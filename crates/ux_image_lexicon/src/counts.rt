//! How many entries a dictionary has, of all forms and of each.
//!
//! Two codes of a list may make one entry of some form, as `cats,cat.N` is made by taking the `s`
//! off and by writing the lemma anew. The forms of lists where that may be are counted one by one when
//! a dictionary is read, and all others by their codes, by the `sums` of states.

ghost use Rattle.std.specs.Prelude.{◌≡◌, ◌+◌, ◌<◌, [], IfOk, IsTrue, OnOk, length, min};
ghost use Rattle.std.specs.Str.{encode_utf8_all};
ghost use Rattle.ux_image_lists.specs.Sizes.{MOST};
ghost use Rattle.ux_image_lexicon.specs.Counting.{different_by, told_of, AreApart, AreCounts, AreNone, Enters, IsApart, Notes, Puts};
ghost use Rattle.ux_image_lexicon.specs.Summing.{AreSums, Visits};

use crate::apart::flag_at;
use crate::coded::Coded;
use crate::codes::{ReadCode, ReadList};
use crate::entries::{codes_at, push_codes};
use crate::sums::Sums;
use crate::walk::Walk;
use indexmap::IndexMap;
use std::alloc::Global;
use ux_base::Mem;
use ux_dict::different;
use ux_image_content::text_of;

/// How many entries there are.
#[derive(Drop)]
pub(crate) struct Counts {
    /// Those of all forms.
    pub(crate) total: usize,
    /// Those of each form that has fewer entries than codes.
    pub(crate) fewer: IndexMap<String, usize>,
}

/// How many entries the automaton and its lists tell. Takes a step for each code of a list, each state
/// and each edge, and goes along those beginnings of forms alone that lead to a list with two codes
/// that differ in the lemma alone: along each once, with a step for each letter that comes next. Of the
/// forms of such a list it makes the entries, one form at a time. Where there is no such list, no form
/// is gone to.
pub(crate) fn count(alloc: Global, coded: &Coded) -> Mem<Counts>
    ensures { IfOk result (AreCounts coded.now) }
{
    let mut counts = Counts {
        total: 0,
        fewer: IndexMap::new(alloc),
    };
    let mut walk = Walk::new(alloc);
    let sums = Sums::of(alloc, coded)?;
    go_through(alloc, coded, &sums, &mut walk, &mut counts)?;
    Ok(counts)
}

/// Goes through the states, and counts the entries of all forms.
fn go_through(
    alloc: Global,
    coded: &Coded,
    sums: &Sums,
    walk: &mut Walk,
    counts: &mut Counts,
) -> Mem<()>
    requires sums { AreSums coded.now sums.now }
    requires letters { walk.old.letters.items ≡ [] }
    requires branches { walk.old.branches.items ≡ [] }
    requires counts { AreNone counts.old }
    ensures { OnOk result (AreCounts coded.now counts.new) }
{
    let root = coded.states().len() - 1;
    visit(alloc, coded, sums, root, walk, counts)?;
    while let Some(branch) = walk.pop() {
        walk.go_to(branch)?;
        visit(alloc, coded, sums, branch.state, walk, counts)?;
    }
    Ok(())
}

/// Counts the entries of the forms behind the state at once, where each of their codes makes one.
/// Else enters the state.
fn visit(
    alloc: Global,
    coded: &Coded,
    sums: &Sums,
    state: usize,
    walk: &mut Walk,
    counts: &mut Counts,
) -> Mem<()>
    requires sums { AreSums coded.now sums.now }
    requires within { state < length coded.now.states }
    ensures { OnOk result (Visits coded.now state walk.old walk.new counts.old counts.new) }
{
    let sum = sums.states[state];
    if sum.apart {
        counts.add(sum.codes);
        return Ok(());
    }
    enter(alloc, coded, &sums.lists, state, walk, counts)
}

/// Counts the entries of the form that ends in the state, if one does, and leaves the states behind
/// it for later.
fn enter(
    alloc: Global,
    coded: &Coded,
    apart: &[bool],
    state: usize,
    walk: &mut Walk,
    counts: &mut Counts,
) -> Mem<()>
    requires apart { AreApart coded.now.lists apart.now }
    requires within { state < length coded.now.states }
    ensures { OnOk result (Enters coded.now state walk.old walk.new counts.old counts.new) }
{
    let code = coded.states().code(state);
    counts.note(alloc, coded.lists(), apart, walk.letters(), code)?;
    walk.branch(coded.states().edges(state))
}

impl Counts {
    /// The number of entries of all forms.
    pub(crate) fn total(&self) -> usize
        ensures { result ≡ self.now.total }
    {
        self.total
    }

    /// The number of entries of the form, which has so many codes.
    pub(crate) fn of(&self, form: &str, codes: usize) -> usize
        ensures { result ≡ told_of self.now form.now codes }
    {
        match self.fewer.get(form) {
            Some(count) => *count,
            None => codes,
        }
    }

    /// Counts so many entries more, and keeps nothing of their forms.
    fn add(&mut self, made: usize)
        ensures total { self.new.total ≡ min (self.old.total + made) MOST }
        ensures fewer { self.new.fewer ≡ self.old.fewer }
    {
        // The entries of an image are far fewer than a machine word counts.
        self.total = self.total.saturating_add(made);
    }

    /// Counts the entries of the form of these letters, if it has a list.
    fn note(
        &mut self,
        alloc: Global,
        lists: &[ReadList],
        apart: &[bool],
        letters: &[char],
        number: Option<u32>,
    ) -> Mem<()>
        requires { AreApart lists.now apart.now }
        ensures { OnOk result (Notes lists.now letters.now number self.old self.new) }
    {
        if let Some(number) = number {
            let apart = flag_at(apart, number);
            self.note_form(alloc, letters, codes_at(lists, number), apart)?;
        }
        Ok(())
    }

    /// Counts the entries that the codes make of the form of these letters. `apart` says that they
    /// are known to make as many of any form.
    fn note_form(
        &mut self,
        alloc: Global,
        letters: &[char],
        codes: &[ReadCode],
        apart: bool,
    ) -> Mem<()>
        requires { IsTrue apart → IsApart codes.now }
        ensures { OnOk result (Puts (encode_utf8_all letters.now)
            (different_by (encode_utf8_all letters.now) codes.now) (length codes.now) self.old
            self.new) }
    {
        let made = count_different(alloc, letters, codes, apart)?;
        self.put(alloc, letters, made, codes.len())
    }

    /// Counts the entries of the form of these letters, of which so many codes make so many.
    fn put(&mut self, alloc: Global, letters: &[char], made: usize, codes: usize) -> Mem<()>
        ensures { OnOk result
            (Puts (encode_utf8_all letters.now) made codes self.old self.new) }
    {
        self.add(made);
        if made != codes {
            self.fewer.insert(text_of(alloc, letters)?, made)?;
        }
        Ok(())
    }
}

/// How many different entries the codes make of the form of these letters. Makes them, where it isn't
/// known that the codes make as many of any form.
fn count_different(alloc: Global, letters: &[char], codes: &[ReadCode], apart: bool) -> Mem<usize>
    requires { IsTrue apart → IsApart codes.now }
    ensures { IfOk result (λ made. made ≡ different_by (encode_utf8_all letters.now) codes.now) }
{
    if apart {
        return Ok(codes.len());
    }
    let form = text_of(alloc, letters)?;
    let mut entries = Vec::new(alloc);
    push_codes(alloc, form.as_str(), codes, &mut entries)?;
    Ok(different(alloc, entries)?.len())
}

§ §

DIRECTIONS FOR THIS TASK.
Scan the records above for the word "total". Show each line in which it appears.

PROBLEM SOLUTION.
    pub(crate) total: usize,
        total: 0,
    pub(crate) fn total(&self) -> usize
        ensures { result ≡ self.now.total }
        self.total
        ensures total { self.new.total ≡ min (self.old.total + made) MOST }
        self.total = self.total.saturating_add(made);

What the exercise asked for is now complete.